> **Collection entries**:
═══

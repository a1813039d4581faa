//! The log as one chain, its entries, and the bodies that these are read from.
//!
//! What it promises, and where to begin: `README.md` in this crate's folder.

#![tactic(auto)]

mod chain;
mod drafts;
mod entries;
mod entry_faults;
mod heads;
pub mod laws;
mod log_faults;
mod parts;
mod places;
mod reading;
mod rows;
mod words;

pub use chain::{Log, object_entry, read_entry};
pub use drafts::{Draft, join_signature};
pub use entries::{Entry, EntryBody};
pub use entry_faults::EntryFault;
pub use log_faults::LogFault;
pub use reading::read_body;
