//! Why a body is no entry's.

ghost use Rattle.std.specs.Prelude.{◌≡◌};
ghost use Rattle.rsl_chain.specs.declared.entry_faults.EntryFault.TheVariants as fault;

use octets::Memory;

/// Why a body was not read as an entry's.
#[derive(Clone, Copy, Debug, PartialEq, Eq, Drop)]
pub enum EntryFault {
    /// The line of this number, counted from 1, is the first that is not as wanted; or the body ends early, and
    /// the number is one more than that of its lines.
    BadEntry { line: u64 },
    Memory,
}

impl From<Memory> for EntryFault {
    ghost from_gives = { λ _ e. e ≡ fault.Memory };

    fn from(_error: Memory) -> EntryFault {
        EntryFault::Memory
    }
}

═══

> **Activity**:
Could you filter the entries above for lines holding the string "specs" and copy them?

> **Response**:
ghost use Rattle.std.specs.Prelude.{◌≡◌};
ghost use Rattle.rsl_chain.specs.declared.entry_faults.EntryFault.TheVariants as fault;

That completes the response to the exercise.